Will George Floyd’s Death Prompt Police Reform?

Every time there’s a well publicized controversial killing of a black man by a white police officer there are calls for police reform. But each time the focus on these pleas for change fades away with time. Will the killing of George Floyd be any different?

It’s a question that, admittedly, can’t be answered. But I sense attitudes are changing because of Floyd’s death.

Everyone by now has seen the killing of Floyd at the knee of then-Minneapolis police officer Derek Chauvin. It seems to me, those images have moved a lot of people who previously were quick to blanketly defend police into taking a new look at policing in America.

A friend of mine, a conservative police supporter, has always been quick to suggest mitigating circumstances in many of these cases. So his comments to me this week were unexpected and jarring.

“Everyone saw what that cop did to George Floyd,” he said. “It was murder, pure and simple.

“I’d like to be the one to flip the switch on the electric chair.
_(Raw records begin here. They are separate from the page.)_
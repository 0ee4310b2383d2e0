//! What the lexer finds at the front of the rest of a text.

use crate::token::{LexFaultKind, TokenKind};

/// One step of the lexer.
#[derive(Clone, Copy)]
pub enum Lexeme<'a> {
    /// White space or a comment, and the rest.
    Gap {
        after: &'a [u8],
    },
    /// A token, and the rest.
    Found {
        kind: TokenKind,
        text: &'a [u8],
        after: &'a [u8],
    },
    /// The rest is empty.
    End,
    /// No token may begin here, or the one that begins doesn't end; the error is at the front of
    /// `at`.
    Fault {
        kind: LexFaultKind,
        at: &'a [u8],
    },
}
In fact, I’d then like to give him a lethal dose just to be sure he’s dead.” (The death penalty was abolished in Minnesota in 1911).

Other people who are typical defenders of the police have made similar comments to me. Perhaps more importantly, so have a number of my police officer friends. They argue, not only were Chauvin’s actions unacceptable but embarrassing to their chosen profession.
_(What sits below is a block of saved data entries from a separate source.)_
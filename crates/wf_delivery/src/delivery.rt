//! Delivery of messages to nodes, over any kind of tape.

ghost use Rattle.std.specs.Prelude.{◌≡◌, ◌<◌, ◌≤◌, ◌+◌, ◌++◌, ℕ, false, true, List, [], length, IfOk, IfErr, OnErr, vec_len, vec_capacity};
ghost use Rattle.wf_codec.specs.Message.{view as view_message};
ghost use Rattle.wf_model.specs.Table.{most_reports, Deliver};
ghost use Rattle.wf_node.specs.Input.{view};
ghost use Rattle.wf_node.specs.Step.{TakesMemory};
ghost use Rattle.wf_delivery.specs.Delivery.{AnyPart, AreChanged, AreDelivered, AreHandedOut, EachGrows, ComeSoFar, IsDelivered, IsGiven, KeepHalted, MayLeaveOfEach, StandFor, StandInTurn};
ghost use Rattle.wf_delivery.specs.NodeInput.{Answers, IsCutWithin, IsSturdy, MayBeLost, Takes, is_halt, is_memory, reports_halt};
ghost use Rattle.wf_delivery.specs.Progress.{AreCounted, most_deliveries};

use crate::progress::{Delivered, MOST_DELIVERIES, PumpProgress, count_lost};
use crate::recipient::Recipient;
use std::alloc::{AllocError, Global};
use wf_codec::{Canon, Message};
use wf_model::transitions_are_short;
use wf_node::{Input, Node, NodeFault};
use wf_tape::Tape;

/// The most messages that one step sends: the answer to an Ask.
pub const MOST_OUTPUTS: usize = 8;

/// The result of delivering messages.
#[derive(Clone, Copy, Debug, PartialEq, Eq)]
pub struct Pumped {
    /// The number of deliveries made, lost ones included.
    pub deliveries: usize,
    /// The number of deliveries that an allocation failure lost: the node is then as if it hadn't
    /// received the message.
    pub lost: usize,
    /// Whether it stopped early: after 100,000 deliveries, or because no room could be reserved for
    /// the messages of the next one.
    pub stopped: bool,
}

/// Delivers each message once to each node, ascending, and likewise each message that a node sends
/// meanwhile, until none is left. Stops early after 100,000 deliveries, or if growing its own list
/// of messages fails. A delivery for which an allocation fails within the node, or before it, is
/// lost, as on a network, and counted; the deliveries go on. Only a message that has a definition
/// is lost, or one on which the node stores or sends something. A node whose tape fails is halted
/// and accepts no further delivery.
///
/// Node i of the slice must be node i of n, where n is its length; it may be empty. Whatever world
/// of the model the nodes and the messages were, at most `deliveries` deliveries lead to the world
/// that they are afterwards; a delivery at which a tape failed is a crash within a step. This holds
/// over any kind of tape; over a durable one also for whatever bytes a crash leaves of the tapes
/// that failed. A node keeps what it published.
pub fn deliver_all<T: Tape>(alloc: Global, nodes: &mut [Node<T>], messages: Vec<Message>) -> Pumped
    requires in_turn { StandInTurn nodes.old }
    ensures delivered { AreDelivered AnyPart result.deliveries nodes.old messages.items nodes.new }
    ensures on_tape { T.durable → (left : ℕ → List ℕ) → MayLeaveOfEach T.Tape nodes.new left →
        AreDelivered (StandFor left) result.deliveries nodes.old messages.items nodes.new }
    ensures handed { 0 < length nodes.old →
        AreHandedOut T.Tape nodes.old messages.items result.deliveries result.lost result.stopped
        nodes.new }
    ensures none { nodes.old ≡ [] → result ≡ record { deliveries = 0; lost = 0; stopped = false } }
    ensures halted { KeepHalted nodes.old nodes.new }
    ensures in_turn { StandInTurn nodes.new }
    ensures size { length nodes.new ≡ length nodes.old }
    ensures lists { EachGrows nodes.old nodes.new }
    ensures most { result.deliveries ≤ most_deliveries }
{
    if nodes.is_empty() {
        drop(messages);
        return Pumped {
            deliveries: 0,
            lost: 0,
            stopped: false,
        };
    }
    deliver_each(alloc, nodes, messages)
}

/// Delivers each message once to each entry, of which there is at least one, ascending, and
/// likewise each message that a node sends meanwhile, until none is left or the deliveries stop
/// early: [`deliver_all`] over whatever holds the nodes.
pub fn deliver_each<E: Recipient<T>, T: Tape>(
    alloc: Global,
    entries: &mut [E],
    messages: Vec<Message>,
) -> Pumped
    requires some { 0 < length entries.old }
    requires in_turn { StandInTurn (E.nodes entries.old) }
    ensures delivered { IsDelivered T.Tape (E.nodes entries.old) messages.items result.deliveries
        (E.nodes entries.new) }
    ensures handed { AreHandedOut T.Tape (E.nodes entries.old) messages.items result.deliveries
        result.lost result.stopped (E.nodes entries.new) }
    ensures changed { AreChanged E.keeps entries.old entries.new }
{
    let mut sent = messages;
    let Delivered { progress, lost } = deliver_rounds(alloc, entries, &mut sent);
    let stopped = progress.whole < sent.len();
    drop(sent);
    Pumped {
        deliveries: progress.done,
        lost,
        stopped,
    }
}

/// Delivers the messages, and those sent meanwhile, to each node in turn, until none is left, the
/// limit of deliveries is reached, or there is no room for the messages of the next one.
fn deliver_rounds<E: Recipient<T>, T: Tape>(
    alloc: Global,
    entries: &mut [E],
    sent: &mut Vec<Message>,
) -> Delivered
    requires some { 0 < length entries.old }
    requires in_turn { StandInTurn (E.nodes entries.old) }
    ensures come { ComeSoFar T.Tape (E.nodes entries.old) sent.old.items result.progress result.lost
        (E.nodes entries.new) sent.new.items }
    ensures counts { AreCounted (length entries.old) 0 result.progress result.lost
        (length sent.new.items) }
    ensures changed { AreChanged E.keeps entries.old entries.new }
{
    let round = entries.len();
    let mut progress = PumpProgress::start();
    let mut lost = 0;
    while progress.done < MOST_DELIVERIES {
        let number = progress.whole;
        if number >= sent.len() {
            return Delivered { progress, lost };
        }
        match deliver_one(alloc, entries, sent, progress.some, number) {
            Ok(loses) => {
                lost = count_lost(lost, loses);
                progress = progress.next(round);
            }
            Err(_) => return Delivered { progress, lost },
        }
    }
    Delivered { progress, lost }
}

/// Delivers a message to a node, and appends the messages that the node sends; returns whether the
/// delivery was lost. Room is reserved first, since a node can't undo a step; if that fails,
/// nothing is delivered.
fn deliver_one<E: Recipient<T>, T: Tape>(
    alloc: Global,
    entries: &mut [E],
    sent: &mut Vec<Message>,
    index: usize,
    number: usize,
) -> Result<bool, AllocError>
    requires index { index < length entries.old }
    requires number { number < length sent.old.items }
    requires in_turn { StandInTurn (E.nodes entries.old) }
    ensures given { IfOk result (λ lost. IsGiven T.Tape index number lost (E.nodes entries.old)
        sent.old.items (E.nodes entries.new) sent.new.items) }
    ensures none { OnErr result (entries.new ≡ entries.old) }
    ensures same { OnErr result (sent.new.items ≡ sent.old.items) }
    ensures changed { AreChanged E.keeps entries.old entries.new }
    ensures grows { length sent.old.items ≤ length sent.new.items }
{
    if sent.reserve(MOST_OUTPUTS).is_err() {
        return Err(AllocError);
    }
    let Outputs { messages, lost } = entries[index].receive(alloc, &sent[number]);
    send(sent, messages);
    Ok(lost)
}

/// What a node sends on an input.
pub struct Outputs {
    /// The messages.
    pub messages: Vec<Message>,
    /// The input was lost: an allocation failed.
    pub lost: bool,
}

/// Delivers a copy of a message to a node, and returns the messages that it sends. If the copy
/// can't be allocated, the message is lost and nothing is sent. A halted node gets no copy, so it
/// loses nothing.
pub fn hand<T: Tape>(alloc: Global, node: &mut Node<T>, message: &Message) -> Outputs
    ensures takes { Takes T.Tape result.lost (Deliver (view_message message.now)) node.old node.new
        result.messages.items }
    ensures cause { result.lost ≡ true → MayBeLost message.now node.old }
    ensures few { length result.messages.items ≤ most_reports }
    ensures sturdy { IsSturdy T.Tape node.old node.new }
{
    if is_halted(node) {
        return quiet(alloc, false);
    }
    match message.copy() {
        Ok(copy) => consume(alloc, node, Input::Deliver(copy)),
        Err(_) => quiet(alloc, true),
    }
}

/// Gives a node an input, and returns the messages that it sends: none if it rejects, if its tape
/// fails and it is halted, or if an allocation fails and the input is lost.
pub fn consume<T: Tape>(alloc: Global, node: &mut Node<T>, input: Input) -> Outputs
    ensures takes { Takes T.Tape result.lost (view input) node.old node.new result.messages.items }
    ensures cause { result.lost ≡ true → TakesMemory node.old (view input) }
    ensures few { length result.messages.items ≤ most_reports }
    ensures cut { T.durable → IsCutWithin T.Tape (view input) node.old node.new }
    ensures sturdy { IsSturdy T.Tape node.old node.new }
{
    match step(alloc, node, input) {
        Ok(messages) => Outputs {
            messages,
            lost: false,
        },
        Err(fault) => quiet(alloc, wants_memory(fault)),
    }
}

/// The outputs of a node that sends nothing, by whether its input was lost. Allocates nothing.
pub fn quiet(alloc: Global, lost: bool) -> Outputs
    ensures none { result.messages.items ≡ [] }
    ensures lost { result.lost ≡ lost }
{
    Outputs {
        messages: Vec::new(alloc),
        lost,
    }
}

/// Whether the error is allocation failure.
fn wants_memory(fault: NodeFault) -> bool
    ensures { result ≡ is_memory fault }
{
    match fault {
        NodeFault::Memory => true,
        NodeFault::Busy
        | NodeFault::SequenceFull
        | NodeFault::RoundsFull
        | NodeFault::Halted
        | NodeFault::TapeFailed
        | NodeFault::Nothing => false,
    }
}

/// Whether the node is halted. Allocates nothing.
pub fn is_halted<T: Tape>(node: &Node<T>) -> bool
    ensures { result ≡ node.now.halted }
{
    is_halt_reported(node.proposal_step_rejection())
}

/// Whether this is the rejection of a halted node.
fn is_halt_reported(step_rejection: Option<NodeFault>) -> bool
    ensures { result ≡ reports_halt step_rejection }
{
    match step_rejection {
        Some(fault) => sends_halt(fault),
        None => false,
    }
}

/// Whether the error is that of a halted node.
fn sends_halt(fault: NodeFault) -> bool
    ensures { result ≡ is_halt fault }
{
    match fault {
        NodeFault::Halted => true,
        NodeFault::Memory
        | NodeFault::Busy
        | NodeFault::SequenceFull
        | NodeFault::RoundsFull
        | NodeFault::TapeFailed
        | NodeFault::Nothing => false,
    }
}

/// Performs a step of a node. Returns the messages that it sends, or an error, after which it has
/// sent none.
fn step<T: Tape>(alloc: Global, node: &mut Node<T>, input: Input) -> Result<Vec<Message>, NodeFault>
    ensures answers { IfOk result (λ outputs.
        Answers T.Tape (view input) node.old node.new outputs.items) }
    ensures takes { IfErr result (λ fault.
        Takes T.Tape (is_memory fault) (view input) node.old node.new []) }
    ensures cause { IfErr result (λ fault.
        is_memory fault ≡ true → TakesMemory node.old (view input)) }
    ensures few { IfOk result (λ outputs. length outputs.items ≤ most_reports) }
    ensures cut { T.durable → IsCutWithin T.Tape (view input) node.old node.new }
    ensures sturdy { IsSturdy T.Tape node.old node.new }
{
    // Theorem of the model: no transition sends more than eight messages.
    transitions_are_short::<Canon>();
    node.step(alloc, input)
}

/// Appends the messages that a node sends to those sent before. There is room for them, so nothing
/// fails.
pub fn send(sent: &mut Vec<Message>, mut outputs: Vec<Message>)
    requires { vec_len sent.old + vec_len outputs ≤ vec_capacity sent.old }
    ensures { sent.new.items ≡ sent.old.items ++ outputs.items }
{
    let Ok(()) = sent.append(&mut outputs) else {
        unreachable!()
    };
}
“Whenever a cop acts stupid like this it reflects on me and makes it harder for me to do my job,” one NYPD officer commented.
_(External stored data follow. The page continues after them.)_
//! Theorems about what the end of a process leaves in a folder: it is killed, or the power is cut.

ghost use Rattle.wf_disk.specs.FolderTheorems.{EndsInAnImage, SyncedBytesStay, CutsOnce, IsCutToAny, ends_in_an_image, synced_bytes_stay, cuts_once};

/// However a process ends, the own file then has what a power cut may leave.
#[tactic(auto, using(crate::specs::FolderTheorems::ends_in_an_image))]
pub fn a_process_ends_in_an_image()
    ensures { EndsInAnImage }
{}

/// A synced file has its bytes, and no others, however a process ends.
#[tactic(auto, using(crate::specs::FolderTheorems::synced_bytes_stay))]
pub fn synced_bytes_stay()
    ensures { SyncedBytesStay }
{}

/// After a power cut, a second one changes nothing of the bytes.
#[tactic(auto, using(crate::specs::FolderTheorems::cuts_once))]
pub fn a_second_cut_changes_nothing()
    ensures { CutsOnce }
{}

/// A `MemoryDisk` is cut (`MemoryDisk::cut`) to whatever a power cut may leave.
#[tactic(auto, using(crate::specs::FolderTheorems::is_cut_to_any))]
pub fn a_memory_disk_is_cut_to_any_image()
    ensures { IsCutToAny }
{}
A retired police chief I know also suggested that Chauvin be given the maximum penalty under the law. And says no cop should be defending his actions.

Of course, these kinds of emotive reactions to Floyd’s death are not particularly unusual. But I find the source of the comments interesting. And that’s what leads me to speculate that there may be a growing intolerance to poor police training and supervision, not only from folks who typically defend the cops, but from within their own ranks.

In the end, that’s really where the change must take place. We can discuss and improve training all we want, and we should. But unless the cops on the beat are on board with an attitudinal change we’re not going to get anywhere with this.

I know a lot of cops, both current and retired. And I’m proud to call many of them my friends. The cops I know well abhor excessive behavior by other officers. But all too often their voices are muted. Sometimes because of a culture that suggests that, because their profession is under assault they have to defend their fellow officers no matter what.

Perhaps these anecdotal conversations I’ve shared indicate that attitude is starting to change.